Other factors we investigated did not appear to have as important an influence on the loss of germination percentage under the storage conditions involved in the study. Although our experiments were limited and must be taken as preliminary, they did not reveal a protective role for the testa relative to the ageing process. The most surprising result was that the introduction of small nicks through the testa did not result in a greater loss in seed germinability over the first decade of storage. Although such nicks were made on the side of the seed opposite to that containing the embryo, they provided a more accessible route for water vapour and oxygen to cotyledonary and embryonic tissue than afforded by an intact testa.

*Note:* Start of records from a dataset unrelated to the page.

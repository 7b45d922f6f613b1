//! OPENs and NOTIFICATIONs of sessions, as JSON.

ghost use Rattle.std.specs.Prelude.{◌≡◌, [], ◌∷◌, ◌++◌, map, option_copied, slice_get, IfOk, OnOk};
ghost use Rattle.serde_json.specs.View.{view};
ghost use Rattle.timeline_view.specs.Messages.{outlines_of};
ghost use Rattle.view_json.specs.Timeline.{session_json, peering_json, sessions_json, total_json};

use graft_edge::NoMemory;
use lab_report::{Lab, SessionView};
use lab_tables::PeeringInput;
use report_json::{push_value, put_text};
use serde_json::{Map, Value, put};
use std::alloc::Global;
use timeline_view::{
    Happening, Outline, all_further_opens, all_notices, notices_got, notices_put, opens_got,
    opens_put, withdrawn_in,
};

/// The OPENs and NOTIFICATIONs of a session.
fn session_value(alloc: Global, name: &str, session: &SessionView) -> Result<Value, NoMemory>
    ensures { IfOk result (λ v. view v ≡ session_json name.now session.now) }
{
    let got_notices = Value::from(notices_got(session));
    let put_notices = Value::from(notices_put(session));
    let got_opens = Value::from(opens_got(session));
    let put_opens = Value::from(opens_put(session));
    let mut map = Map::new(alloc);
    put_text(&mut map, alloc, "name", name)?;
    put(&mut map, alloc, "notifications_got", got_notices)?;
    put(&mut map, alloc, "notifications_put", put_notices)?;
    put(&mut map, alloc, "opens_got", got_opens)?;
    put(&mut map, alloc, "opens_put", put_opens)?;
    Ok(Value::Object(map))
}

/// The session of this number.
pub(crate) fn session_at(lab: &Lab, index: usize) -> Option<&SessionView>
    ensures { option_copied result ≡ slice_get lab.now.sessions index }
{
    lab.sessions.get(index)
}

/// Adds a session.
fn push_session(
    list: &mut Vec<Value>,
    alloc: Global,
    name: &str,
    session: &SessionView,
) -> Result<(), NoMemory>
    ensures { OnOk result (map view list.new.items ≡ map view list.old.items ++ session_json name.now session.now ∷ []) }
{
    push_value(list, session_value(alloc, name, session)?)?;
    Ok(())
}

/// Adds the session of a peering, if it has one.
fn push_peering(
    list: &mut Vec<Value>,
    alloc: Global,
    lab: &Lab,
    index: usize,
    peering: &PeeringInput,
) -> Result<(), NoMemory>
    ensures { OnOk result (map view list.new.items ≡ map view list.old.items ++ peering_json lab.now.sessions (index, peering.now)) }
{
    match session_at(lab, index) {
        Some(session) => push_session(list, alloc, peering.name.as_str(), session),
        None => Ok(()),
    }
}

/// All sessions, in the order of the peerings.
pub(crate) fn sessions_value(alloc: Global, lab: &Lab) -> Result<Value, NoMemory>
    ensures { IfOk result (λ v. view v ≡ sessions_json lab.now) }
{
    let peerings = lab.input.peerings.as_slice();
    let mut list = Vec::with_capacity(alloc, peerings.len())?;
    for (index, peering) in peerings.iter().enumerate() {
        push_peering(&mut list, alloc, lab, index, peering)?;
    }
    Ok(Value::Array(list))
}

/// The whole run.
pub(crate) fn total_value(
    alloc: Global,
    lab: &Lab,
    outlines: &[Outline],
    all: &[Happening],
) -> Result<Value, NoMemory>
    requires { outlines.now ≡ outlines_of lab.now }
    ensures { IfOk result (λ v. view v ≡ total_json lab.now all.now) }
{
    let opens = all_further_opens(lab.sessions.as_slice())?;
    let notices = all_notices(lab.sessions.as_slice())?;
    let withdrawn = withdrawn_in(lab, outlines, all, lab.log.as_slice())?;
    let withdrawn = Value::from(withdrawn);
    let mut map = Map::new(alloc);
    put(&mut map, alloc, "further_opens", Value::from(opens))?;
    put(&mut map, alloc, "notifications", Value::from(notices))?;
    put(&mut map, alloc, "withdrawn_from_moved", withdrawn)?;
    Ok(Value::Object(map))
}
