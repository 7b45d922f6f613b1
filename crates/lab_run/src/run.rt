//! The run of an input.

ghost use Rattle.std.specs.Prelude.{ℕ, ◌≡◌, ◌≤◌, ◌+◌, ◌++◌, ◌∷◌, [], List, IfOk, OnOk};
ghost use Rattle.graft_model.specs.Setups.{Setup, IsSetup};
ghost use Rattle.world_nodes.specs.Edges.{HasCounts};
ghost use Rattle.world_nodes.specs.RunningLabs.{stand, counts, AllWork};
ghost use Rattle.std.specs.List.{AllByRecursion};
ghost use Rattle.node_configs.specs.Budgets.{IsSoundBudget};
ghost use Rattle.lab_run.specs.Stories.{RoundNames, GroupGoes, GroupAnswers, PassAnswers, RunGoes, verdict_of};

use crate::end::{Verdict, decide_at_mark};
use graft_edge::{Gate, Items, NoMemory};
use lab_report::RunEnd;
use node_configs::Budget;
use std::thread::Threads;
use world_nodes::RunningLab;

/// How a group ended: quiet, or by a limit, and how many rounds it made.
#[derive(Drop)]
pub(crate) struct GroupEnd {
    pub limit: Option<RunEnd>,
    pub rounds: u32,
}

/// Makes a round, which is the one of this number in its group, and tells what its mark names.
fn run_round<R: Threads + Sync, G: Gate>(
    rt: &R,
    running: &mut RunningLab,
    budget: Budget,
    step: u32,
    rounds: u32,
    workers: usize,
    gate: &G,
) -> Result<Verdict, NoMemory>
    requires workers { (1 ≤ workers) × (workers ≤ 8) }
    requires works { AllWork running.old }
    requires sound { budget.least ≤ budget.rounds }
    ensures names { IfOk result (λ verdict. (setup : Setup) → IsSetup setup → HasCounts setup (counts running.old)
        → RoundNames setup budget step rounds (stand running.old) (stand running.new) verdict) }
    ensures works { OnOk result (AllWork running.new) }
    ensures counts { counts running.new ≡ counts running.old }
{
    running.round(rt, workers, gate)?;
    decide_at_mark(running, budget, step, rounds)
}

/// Runs rounds until the world is quiet or a limit is met.
pub(crate) fn run_group<R: Threads + Sync, G: Gate>(
    rt: &R,
    running: &mut RunningLab,
    budget: Budget,
    step: u32,
    workers: usize,
    gate: &G,
) -> Result<GroupEnd, NoMemory>
    requires workers { (1 ≤ workers) × (workers ≤ 8) }
    requires works { AllWork running.old }
    requires sound { budget.least ≤ budget.rounds }
    ensures goes { IfOk result (λ end. (setup : Setup) → IsSetup setup → HasCounts setup (counts running.old)
        → GroupGoes setup budget step (stand running.old) end.rounds (verdict_of end.limit) (stand running.new)) }
    ensures works { OnOk result (AllWork running.new) }
    ensures counts { counts running.new ≡ counts running.old }
{
    for made in 0..budget.rounds {
        match run_round(rt, running, budget, step, made + 1, workers, gate)? {
            Verdict::GoesOn => {}
            Verdict::IsQuiet => {
                return Ok(GroupEnd {
                    limit: None,
                    rounds: made + 1,
                });
            }
            Verdict::Ends(end) => {
                return Ok(GroupEnd {
                    limit: Some(end),
                    rounds: made + 1,
                });
            }
        }
    }
    // Not reached: the last round of a budget names the end of the group, or of the run.
    Err(NoMemory)
}

/// Begins the next group, or tells that the run is settled.
fn pass(running: &mut RunningLab) -> Result<Option<RunEnd>, NoMemory>
    requires works { AllWork running.old }
    ensures passes { IfOk result
        (λ end. (setup : Setup) → HasCounts setup (counts running.old) → PassAnswers setup (stand running.old) (stand running.new) end) }
    ensures works { OnOk result (AllWork running.new) }
    ensures counts { counts running.new ≡ counts running.old }
{
    if running.go()? {
        Ok(None)
    } else {
        Ok(Some(RunEnd::Settled))
    }
}

/// Runs one group, and begins the next one where it comes to its end. It answers how the run ends, if it does, and adds the rounds that the group made.
fn run_one<R: Threads + Sync, G: Gate>(
    rt: &R,
    running: &mut RunningLab,
    budget: Budget,
    step: u32,
    made: &mut Items<u32>,
    workers: usize,
    gate: &G,
) -> Result<Option<RunEnd>, NoMemory>
    requires workers { (1 ≤ workers) × (workers ≤ 8) }
    requires works { AllWork running.old }
    requires sound { budget.least ≤ budget.rounds }
    ensures goes { IfOk result (λ end. (setup : Setup) → IsSetup setup → HasCounts setup (counts running.old)
        → (rounds : ℕ) × (made.new ≡ made.old ++ rounds ∷ []) × GroupAnswers setup budget step (stand running.old) rounds end (stand running.new)) }
    ensures works { OnOk result (AllWork running.new) }
    ensures counts { counts running.new ≡ counts running.old }
{
    let end = run_group(rt, running, budget, step, workers, gate)?;
    made.push(end.rounds)?;
    match end.limit {
        Some(limit) => Ok(Some(limit)),
        None => pass(running),
    }
}

/// The number of a settle, from 1, where it is one of 32 bits.
fn number(index: usize) -> Result<u32, NoMemory>
    ensures { IfOk result (λ n. n ≡ index + 1) }
{
    if index < 4_294_967_295 {
        Ok(index as u32 + 1)
    } else {
        Err(NoMemory)
    }
}

/// Runs the groups of a script, one behind the other, and adds the rounds that each made.
pub(crate) fn run_groups<R: Threads + Sync, G: Gate>(
    rt: &R,
    running: &mut RunningLab,
    budgets: &[Budget],
    made: &mut Items<u32>,
    workers: usize,
    gate: &G,
) -> Result<RunEnd, NoMemory>
    requires workers { (1 ≤ workers) × (workers ≤ 8) }
    requires works { AllWork running.old }
    requires sound { AllByRecursion IsSoundBudget budgets.now }
    requires none { made.old ≡ [] }
    ensures goes { IfOk result (λ end. (setup : Setup) → IsSetup setup → HasCounts setup (counts running.old)
        → RunGoes setup (stand running.old) budgets.now made.new end (stand running.new)) }
    ensures counts { counts running.new ≡ counts running.old }
{
    for index in 0..budgets.len() {
        let step = number(index)?;
        if let Some(end) = run_one(rt, running, budgets[index], step, made, workers, gate)? {
            return Ok(end);
        }
    }
    // Not reached: behind the last group no other one begins.
    Err(NoMemory)
}
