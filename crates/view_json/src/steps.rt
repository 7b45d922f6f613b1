//! What remotes said, as JSON.

ghost use Rattle.std.specs.Prelude.{◌≡◌, option_and_then, option_copied, slice_get, IfOk};
ghost use Rattle.serde_json.specs.View.{view};
ghost use Rattle.lab_report.specs.Summary.{announced_in_step};
ghost use Rattle.report_json.specs.Values.{count_or_null};
ghost use Rattle.view_json.specs.Events.{withdrawn_in_step, octets_in_step, prefixes_in, step_object, about_step};

use graft_edge::NoMemory;
use lab_tables::{LabInput, Step};
use message_json::prefixes_value;
use serde_json::{Map, Value, put};
use std::alloc::Global;

/// The prefixes that a step announces.
fn announced_value(alloc: Global, step: Option<&Step>) -> Result<Value, NoMemory>
    ensures { IfOk result (λ v. view v ≡ prefixes_in announced_in_step (option_copied step.entry)) }
{
    match step {
        Some(Step::Announce { prefixes, .. }) => prefixes_value(alloc, prefixes),
        _ => prefixes_value(alloc, &[]),
    }
}

/// The prefixes that a step withdraws.
fn withdrawn_value(alloc: Global, step: Option<&Step>) -> Result<Value, NoMemory>
    ensures { IfOk result (λ v. view v ≡ prefixes_in withdrawn_in_step (option_copied step.entry)) }
{
    match step {
        Some(Step::Withdraw { prefixes, .. }) => prefixes_value(alloc, prefixes),
        _ => prefixes_value(alloc, &[]),
    }
}

/// How many octets a raw step says, or null.
fn octets_value(step: Option<&Step>) -> Value
    ensures { view result ≡ count_or_null (option_and_then octets_in_step (option_copied step.entry)) }
{
    match step {
        Some(Step::Raw { bytes, .. }) => Value::from(bytes.len()),
        _ => Value::Null,
    }
}

/// A step that a remote says, by its parts.
fn step_object(
    alloc: Global,
    announce: Value,
    octets: Value,
    step: u32,
    withdraw: Value,
) -> Result<Value, NoMemory>
    ensures { IfOk result (λ v. view v ≡ step_object (view announce) (view octets) step (view withdraw)) }
{
    let mut map = Map::new(alloc);
    put(&mut map, alloc, "announce", announce)?;
    put(&mut map, alloc, "octets", octets)?;
    put(&mut map, alloc, "step", Value::from(step))?;
    put(&mut map, alloc, "withdraw", withdraw)?;
    Ok(Value::Object(map))
}

/// The step of this number, from 0.
fn step_at(input: &LabInput, step: u32) -> Option<&Step>
    ensures { option_copied result ≡ slice_get input.now.steps step }
{
    input.steps.get(step as usize)
}

/// A step that a remote says.
pub(crate) fn about_step(alloc: Global, input: &LabInput, step: u32) -> Result<Value, NoMemory>
    ensures { IfOk result (λ v. view v ≡ about_step input.now step) }
{
    let said = step_at(input, step);
    let announce = announced_value(alloc, said)?;
    let withdraw = withdrawn_value(alloc, said)?;
    let octets = octets_value(said);
    step_object(alloc, announce, octets, step, withdraw)
}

We conclude that under the described storage conditions, the influence of relative humidity is minor compared to that of products of the phenylpropanoid pathway and carbohydrate metabolism. Our working hypothesis is that the processes resulting in a loss of germination in pea seeds in cool temperate storage reflect changes occurring in the embryonic and cotyledonary tissues. There appear to be at least two metabolic pathways involved that probably act by different mechanisms. The pathway involving the phenylpropanoid pathway most likely involves protection of the embryonic cells against reactive oxygen species generated by the metabolic processes in the stored seed. The influence of storage carbohydrate is less clear but may either involve phase II processes during germination or a slower rate of imbibition observed in homozygous rr seeds, allowing other factors interfering with the germination process to become more influential.